◆ Given data ◆
-- Opening Marker --

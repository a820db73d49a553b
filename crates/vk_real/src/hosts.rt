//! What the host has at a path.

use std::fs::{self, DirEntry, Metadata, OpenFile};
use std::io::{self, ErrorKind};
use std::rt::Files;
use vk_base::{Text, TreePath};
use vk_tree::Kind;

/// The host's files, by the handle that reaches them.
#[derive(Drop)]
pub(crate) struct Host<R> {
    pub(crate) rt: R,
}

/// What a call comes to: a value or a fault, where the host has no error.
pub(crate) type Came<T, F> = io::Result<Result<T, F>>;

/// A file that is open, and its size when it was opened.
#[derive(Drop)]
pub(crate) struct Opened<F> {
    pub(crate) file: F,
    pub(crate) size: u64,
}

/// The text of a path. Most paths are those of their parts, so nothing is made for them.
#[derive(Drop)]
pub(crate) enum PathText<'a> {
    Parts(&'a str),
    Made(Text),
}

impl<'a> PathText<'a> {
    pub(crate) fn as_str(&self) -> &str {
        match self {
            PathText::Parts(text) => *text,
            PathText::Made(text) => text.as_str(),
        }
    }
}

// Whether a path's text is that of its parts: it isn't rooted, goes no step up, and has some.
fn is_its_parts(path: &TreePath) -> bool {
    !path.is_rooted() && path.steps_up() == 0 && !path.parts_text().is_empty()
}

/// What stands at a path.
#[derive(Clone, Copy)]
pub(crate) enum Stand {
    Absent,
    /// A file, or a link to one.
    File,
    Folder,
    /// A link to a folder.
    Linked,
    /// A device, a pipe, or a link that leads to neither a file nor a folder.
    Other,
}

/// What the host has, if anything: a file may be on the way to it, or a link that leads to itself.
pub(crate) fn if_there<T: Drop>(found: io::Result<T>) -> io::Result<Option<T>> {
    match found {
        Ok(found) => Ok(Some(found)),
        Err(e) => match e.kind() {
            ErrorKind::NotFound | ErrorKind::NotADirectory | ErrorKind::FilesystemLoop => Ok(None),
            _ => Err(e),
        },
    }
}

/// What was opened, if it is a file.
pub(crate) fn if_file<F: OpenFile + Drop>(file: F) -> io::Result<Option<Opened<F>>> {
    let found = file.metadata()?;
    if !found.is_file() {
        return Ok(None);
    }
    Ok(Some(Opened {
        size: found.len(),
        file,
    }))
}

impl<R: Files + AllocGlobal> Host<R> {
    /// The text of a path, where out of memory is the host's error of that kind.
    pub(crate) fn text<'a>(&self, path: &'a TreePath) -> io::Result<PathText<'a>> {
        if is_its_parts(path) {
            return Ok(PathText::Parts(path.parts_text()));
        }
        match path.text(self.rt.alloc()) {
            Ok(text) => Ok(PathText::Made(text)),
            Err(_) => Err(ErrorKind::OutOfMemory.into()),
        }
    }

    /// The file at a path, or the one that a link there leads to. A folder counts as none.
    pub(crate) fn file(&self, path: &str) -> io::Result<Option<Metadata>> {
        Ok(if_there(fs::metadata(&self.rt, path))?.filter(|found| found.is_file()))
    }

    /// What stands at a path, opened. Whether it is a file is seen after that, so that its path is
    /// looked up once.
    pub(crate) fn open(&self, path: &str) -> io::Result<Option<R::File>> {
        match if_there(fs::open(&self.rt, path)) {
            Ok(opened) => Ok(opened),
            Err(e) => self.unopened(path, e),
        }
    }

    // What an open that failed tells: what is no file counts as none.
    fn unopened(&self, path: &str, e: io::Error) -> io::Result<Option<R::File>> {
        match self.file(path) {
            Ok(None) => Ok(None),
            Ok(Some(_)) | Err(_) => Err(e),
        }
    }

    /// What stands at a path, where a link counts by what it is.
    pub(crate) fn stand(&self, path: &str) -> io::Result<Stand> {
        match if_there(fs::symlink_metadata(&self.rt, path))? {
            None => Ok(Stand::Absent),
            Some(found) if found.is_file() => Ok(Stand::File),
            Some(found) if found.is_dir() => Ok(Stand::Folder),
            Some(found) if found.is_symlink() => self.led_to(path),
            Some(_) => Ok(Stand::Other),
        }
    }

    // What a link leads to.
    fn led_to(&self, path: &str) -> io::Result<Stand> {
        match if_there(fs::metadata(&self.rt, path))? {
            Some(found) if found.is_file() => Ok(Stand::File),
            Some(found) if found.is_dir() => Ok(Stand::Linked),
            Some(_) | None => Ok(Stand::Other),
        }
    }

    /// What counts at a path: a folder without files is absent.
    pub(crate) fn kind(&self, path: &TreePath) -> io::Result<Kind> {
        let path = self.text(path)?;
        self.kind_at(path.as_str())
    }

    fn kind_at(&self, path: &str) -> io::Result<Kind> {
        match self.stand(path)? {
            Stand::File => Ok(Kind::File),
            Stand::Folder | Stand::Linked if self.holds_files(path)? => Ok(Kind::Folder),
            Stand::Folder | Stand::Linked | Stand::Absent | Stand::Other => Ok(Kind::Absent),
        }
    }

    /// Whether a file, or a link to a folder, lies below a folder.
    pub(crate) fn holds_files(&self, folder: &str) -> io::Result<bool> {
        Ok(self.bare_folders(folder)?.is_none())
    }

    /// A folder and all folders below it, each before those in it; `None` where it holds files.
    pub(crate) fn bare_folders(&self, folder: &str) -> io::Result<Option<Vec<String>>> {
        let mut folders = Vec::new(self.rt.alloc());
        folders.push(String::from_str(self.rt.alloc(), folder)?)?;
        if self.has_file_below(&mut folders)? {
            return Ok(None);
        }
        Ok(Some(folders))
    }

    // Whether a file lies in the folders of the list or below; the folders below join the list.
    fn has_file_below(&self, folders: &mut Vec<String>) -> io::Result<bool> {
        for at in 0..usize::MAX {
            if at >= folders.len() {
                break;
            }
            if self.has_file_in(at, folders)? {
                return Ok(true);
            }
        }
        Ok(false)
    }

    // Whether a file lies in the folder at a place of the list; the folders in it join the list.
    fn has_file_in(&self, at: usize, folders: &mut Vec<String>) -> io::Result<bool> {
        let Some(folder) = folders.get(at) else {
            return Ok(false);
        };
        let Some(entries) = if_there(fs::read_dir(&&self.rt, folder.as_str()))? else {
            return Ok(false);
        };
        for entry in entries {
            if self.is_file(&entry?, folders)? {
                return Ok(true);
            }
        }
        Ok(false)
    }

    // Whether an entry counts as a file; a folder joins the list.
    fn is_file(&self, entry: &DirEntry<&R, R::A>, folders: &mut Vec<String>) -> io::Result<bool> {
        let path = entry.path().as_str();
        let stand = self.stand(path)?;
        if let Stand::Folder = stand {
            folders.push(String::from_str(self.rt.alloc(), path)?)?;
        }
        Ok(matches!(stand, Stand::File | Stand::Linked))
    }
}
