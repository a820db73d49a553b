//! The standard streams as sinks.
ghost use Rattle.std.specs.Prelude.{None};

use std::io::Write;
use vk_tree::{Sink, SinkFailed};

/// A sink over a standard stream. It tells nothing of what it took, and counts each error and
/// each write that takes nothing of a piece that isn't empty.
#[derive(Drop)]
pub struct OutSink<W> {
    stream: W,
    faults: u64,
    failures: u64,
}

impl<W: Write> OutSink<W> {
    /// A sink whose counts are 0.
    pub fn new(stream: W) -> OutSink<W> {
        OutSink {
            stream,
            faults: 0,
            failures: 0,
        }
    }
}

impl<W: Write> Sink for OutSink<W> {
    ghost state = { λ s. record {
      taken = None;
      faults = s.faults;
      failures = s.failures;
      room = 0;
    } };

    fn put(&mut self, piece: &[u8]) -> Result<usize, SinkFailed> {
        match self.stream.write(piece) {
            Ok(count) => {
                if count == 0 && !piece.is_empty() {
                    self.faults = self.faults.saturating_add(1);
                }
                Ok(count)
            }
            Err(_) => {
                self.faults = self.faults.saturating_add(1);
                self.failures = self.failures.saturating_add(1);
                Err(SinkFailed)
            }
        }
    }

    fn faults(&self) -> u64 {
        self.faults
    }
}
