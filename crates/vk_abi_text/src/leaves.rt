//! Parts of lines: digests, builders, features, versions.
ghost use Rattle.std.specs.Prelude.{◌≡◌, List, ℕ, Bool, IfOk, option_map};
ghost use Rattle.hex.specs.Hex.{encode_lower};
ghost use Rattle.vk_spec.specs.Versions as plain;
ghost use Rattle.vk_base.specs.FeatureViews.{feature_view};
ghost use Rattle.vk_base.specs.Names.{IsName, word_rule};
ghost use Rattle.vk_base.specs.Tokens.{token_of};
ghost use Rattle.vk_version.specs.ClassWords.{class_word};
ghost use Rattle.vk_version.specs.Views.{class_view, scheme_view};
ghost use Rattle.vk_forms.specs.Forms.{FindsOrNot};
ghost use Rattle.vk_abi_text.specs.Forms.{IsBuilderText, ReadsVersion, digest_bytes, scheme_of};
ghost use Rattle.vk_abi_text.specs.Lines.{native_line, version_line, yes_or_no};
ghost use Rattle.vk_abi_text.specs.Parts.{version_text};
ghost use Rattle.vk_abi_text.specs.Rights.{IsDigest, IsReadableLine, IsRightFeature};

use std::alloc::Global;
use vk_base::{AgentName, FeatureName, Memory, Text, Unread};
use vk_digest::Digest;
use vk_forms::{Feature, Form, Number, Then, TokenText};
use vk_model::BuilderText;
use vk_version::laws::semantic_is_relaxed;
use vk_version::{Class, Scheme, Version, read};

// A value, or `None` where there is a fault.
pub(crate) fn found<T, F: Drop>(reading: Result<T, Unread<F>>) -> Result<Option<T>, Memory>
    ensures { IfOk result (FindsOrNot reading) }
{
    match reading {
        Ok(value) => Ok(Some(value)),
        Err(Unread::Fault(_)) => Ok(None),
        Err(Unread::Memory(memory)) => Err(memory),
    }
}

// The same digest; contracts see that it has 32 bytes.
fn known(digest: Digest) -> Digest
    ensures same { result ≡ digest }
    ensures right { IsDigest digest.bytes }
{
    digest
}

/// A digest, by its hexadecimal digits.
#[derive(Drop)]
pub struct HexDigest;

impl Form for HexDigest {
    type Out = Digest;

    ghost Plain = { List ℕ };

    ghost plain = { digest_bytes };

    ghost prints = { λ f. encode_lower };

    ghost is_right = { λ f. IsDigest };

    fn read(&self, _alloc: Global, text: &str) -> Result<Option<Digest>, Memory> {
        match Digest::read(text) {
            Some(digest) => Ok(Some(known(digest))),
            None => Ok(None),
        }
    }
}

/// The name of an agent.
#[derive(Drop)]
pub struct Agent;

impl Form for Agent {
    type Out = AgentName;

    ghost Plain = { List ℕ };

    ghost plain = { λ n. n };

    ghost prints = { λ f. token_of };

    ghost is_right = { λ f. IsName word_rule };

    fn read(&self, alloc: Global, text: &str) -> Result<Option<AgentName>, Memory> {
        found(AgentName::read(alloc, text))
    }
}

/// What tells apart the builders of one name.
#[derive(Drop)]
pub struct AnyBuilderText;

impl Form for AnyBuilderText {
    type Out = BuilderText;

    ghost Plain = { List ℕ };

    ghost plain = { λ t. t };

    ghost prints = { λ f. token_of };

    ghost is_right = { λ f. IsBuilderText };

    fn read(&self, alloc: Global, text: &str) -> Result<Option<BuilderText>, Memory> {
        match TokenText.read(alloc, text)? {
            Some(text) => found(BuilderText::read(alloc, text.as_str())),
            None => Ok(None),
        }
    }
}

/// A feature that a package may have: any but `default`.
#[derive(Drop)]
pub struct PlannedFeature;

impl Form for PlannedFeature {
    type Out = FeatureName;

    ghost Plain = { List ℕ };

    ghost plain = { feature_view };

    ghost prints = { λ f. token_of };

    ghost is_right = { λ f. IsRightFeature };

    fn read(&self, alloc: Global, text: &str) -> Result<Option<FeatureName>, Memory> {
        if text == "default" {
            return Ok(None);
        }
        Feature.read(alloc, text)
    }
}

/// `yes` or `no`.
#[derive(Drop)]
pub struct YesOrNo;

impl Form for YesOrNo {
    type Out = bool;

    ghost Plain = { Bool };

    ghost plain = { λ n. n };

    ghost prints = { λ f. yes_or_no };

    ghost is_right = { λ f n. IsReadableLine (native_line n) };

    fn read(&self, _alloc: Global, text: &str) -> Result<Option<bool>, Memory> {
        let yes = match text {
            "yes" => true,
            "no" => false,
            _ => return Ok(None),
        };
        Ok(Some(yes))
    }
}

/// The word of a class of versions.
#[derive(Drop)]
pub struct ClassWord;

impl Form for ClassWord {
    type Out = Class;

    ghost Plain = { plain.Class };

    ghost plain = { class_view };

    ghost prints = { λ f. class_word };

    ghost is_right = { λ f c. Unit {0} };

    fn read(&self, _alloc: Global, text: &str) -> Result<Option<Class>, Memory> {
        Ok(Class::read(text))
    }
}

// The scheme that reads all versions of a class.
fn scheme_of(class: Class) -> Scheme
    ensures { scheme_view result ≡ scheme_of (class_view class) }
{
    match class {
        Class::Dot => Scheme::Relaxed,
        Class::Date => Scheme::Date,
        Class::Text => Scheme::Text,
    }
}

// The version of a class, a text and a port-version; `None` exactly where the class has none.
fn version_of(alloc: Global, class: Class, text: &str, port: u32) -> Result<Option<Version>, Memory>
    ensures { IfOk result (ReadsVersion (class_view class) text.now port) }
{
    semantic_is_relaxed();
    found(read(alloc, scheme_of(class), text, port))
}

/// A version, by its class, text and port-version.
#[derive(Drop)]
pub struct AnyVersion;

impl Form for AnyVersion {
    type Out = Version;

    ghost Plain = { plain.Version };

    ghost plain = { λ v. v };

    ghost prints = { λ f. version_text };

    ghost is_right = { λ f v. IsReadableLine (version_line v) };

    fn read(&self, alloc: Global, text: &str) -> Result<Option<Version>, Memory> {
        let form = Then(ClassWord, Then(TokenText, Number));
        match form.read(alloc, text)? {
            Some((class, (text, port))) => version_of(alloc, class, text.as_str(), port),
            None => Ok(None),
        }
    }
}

-- Closing Marker --
-- Opening Marker --

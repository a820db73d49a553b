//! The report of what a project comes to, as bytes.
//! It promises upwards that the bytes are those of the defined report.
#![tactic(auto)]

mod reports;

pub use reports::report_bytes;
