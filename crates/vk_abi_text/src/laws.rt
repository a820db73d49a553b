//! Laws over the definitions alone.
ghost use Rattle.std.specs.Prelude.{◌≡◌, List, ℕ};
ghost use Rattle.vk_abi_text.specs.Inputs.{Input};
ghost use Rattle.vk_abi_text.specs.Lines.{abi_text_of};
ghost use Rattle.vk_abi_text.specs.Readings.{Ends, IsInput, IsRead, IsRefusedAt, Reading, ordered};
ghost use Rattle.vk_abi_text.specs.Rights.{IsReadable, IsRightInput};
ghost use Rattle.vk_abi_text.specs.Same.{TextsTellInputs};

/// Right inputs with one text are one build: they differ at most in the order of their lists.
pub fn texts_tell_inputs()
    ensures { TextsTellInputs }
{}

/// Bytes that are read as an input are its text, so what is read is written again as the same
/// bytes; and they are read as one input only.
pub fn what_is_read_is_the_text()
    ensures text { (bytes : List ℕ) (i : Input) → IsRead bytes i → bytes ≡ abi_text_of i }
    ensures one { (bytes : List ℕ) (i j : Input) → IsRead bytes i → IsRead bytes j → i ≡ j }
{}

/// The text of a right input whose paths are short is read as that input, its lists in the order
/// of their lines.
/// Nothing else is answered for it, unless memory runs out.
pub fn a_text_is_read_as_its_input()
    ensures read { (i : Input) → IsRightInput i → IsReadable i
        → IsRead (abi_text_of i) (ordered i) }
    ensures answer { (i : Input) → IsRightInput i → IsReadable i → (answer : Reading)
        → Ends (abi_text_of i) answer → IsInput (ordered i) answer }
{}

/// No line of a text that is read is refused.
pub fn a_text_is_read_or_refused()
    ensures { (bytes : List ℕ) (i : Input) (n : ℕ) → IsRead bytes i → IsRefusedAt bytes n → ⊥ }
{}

-- Closing Marker --
-- Opening Marker --

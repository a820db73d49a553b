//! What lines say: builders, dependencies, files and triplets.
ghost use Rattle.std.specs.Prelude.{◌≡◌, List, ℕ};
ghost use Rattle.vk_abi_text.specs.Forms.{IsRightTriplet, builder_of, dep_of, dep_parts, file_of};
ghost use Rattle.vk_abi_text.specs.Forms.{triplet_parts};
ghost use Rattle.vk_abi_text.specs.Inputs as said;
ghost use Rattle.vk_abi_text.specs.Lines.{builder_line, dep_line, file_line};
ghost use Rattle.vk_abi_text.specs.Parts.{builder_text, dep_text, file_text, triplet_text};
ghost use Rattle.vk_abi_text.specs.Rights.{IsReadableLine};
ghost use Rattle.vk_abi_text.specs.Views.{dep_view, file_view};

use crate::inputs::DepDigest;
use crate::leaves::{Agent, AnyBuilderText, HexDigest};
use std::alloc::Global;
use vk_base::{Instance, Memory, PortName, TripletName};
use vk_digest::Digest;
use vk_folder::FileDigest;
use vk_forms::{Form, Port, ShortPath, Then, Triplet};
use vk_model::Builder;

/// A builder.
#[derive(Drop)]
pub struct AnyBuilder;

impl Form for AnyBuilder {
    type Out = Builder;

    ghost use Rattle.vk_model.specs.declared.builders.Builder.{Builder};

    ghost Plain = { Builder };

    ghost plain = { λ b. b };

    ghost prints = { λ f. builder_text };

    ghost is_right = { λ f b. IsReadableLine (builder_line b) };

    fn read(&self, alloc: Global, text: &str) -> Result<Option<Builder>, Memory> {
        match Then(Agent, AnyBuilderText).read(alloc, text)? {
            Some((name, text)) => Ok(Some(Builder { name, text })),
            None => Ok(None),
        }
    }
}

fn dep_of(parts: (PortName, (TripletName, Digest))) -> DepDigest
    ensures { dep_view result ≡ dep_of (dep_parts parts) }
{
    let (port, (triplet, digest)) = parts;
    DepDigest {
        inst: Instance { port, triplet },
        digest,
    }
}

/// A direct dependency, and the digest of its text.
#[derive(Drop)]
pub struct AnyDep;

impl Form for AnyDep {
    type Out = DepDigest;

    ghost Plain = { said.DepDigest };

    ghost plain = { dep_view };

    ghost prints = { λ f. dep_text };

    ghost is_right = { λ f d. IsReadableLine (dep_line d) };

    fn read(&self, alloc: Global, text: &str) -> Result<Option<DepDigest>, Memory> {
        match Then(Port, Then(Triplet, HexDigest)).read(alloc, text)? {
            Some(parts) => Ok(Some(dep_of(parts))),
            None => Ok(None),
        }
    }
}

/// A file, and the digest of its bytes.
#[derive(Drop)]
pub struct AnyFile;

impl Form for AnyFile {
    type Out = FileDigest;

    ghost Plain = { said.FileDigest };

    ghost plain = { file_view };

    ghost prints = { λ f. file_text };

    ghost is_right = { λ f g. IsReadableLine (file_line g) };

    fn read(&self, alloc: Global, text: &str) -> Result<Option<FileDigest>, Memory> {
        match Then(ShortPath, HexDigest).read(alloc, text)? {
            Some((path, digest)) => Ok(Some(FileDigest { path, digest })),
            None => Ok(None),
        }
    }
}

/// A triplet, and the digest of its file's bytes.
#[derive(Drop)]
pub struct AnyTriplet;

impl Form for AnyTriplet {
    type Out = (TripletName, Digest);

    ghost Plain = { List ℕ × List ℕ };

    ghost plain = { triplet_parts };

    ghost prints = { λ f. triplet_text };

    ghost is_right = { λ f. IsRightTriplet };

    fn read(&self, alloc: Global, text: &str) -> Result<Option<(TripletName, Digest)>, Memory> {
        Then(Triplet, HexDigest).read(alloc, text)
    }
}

-- Closing Marker --

All lines above that include the word "AgentName" should be located and copied.

◆ Task output ◆
use vk_base::{AgentName, FeatureName, Memory, Text, Unread};
    type Out = AgentName;
    fn read(&self, alloc: Global, text: &str) -> Result<Option<AgentName>, Memory> {
        found(AgentName::read(alloc, text))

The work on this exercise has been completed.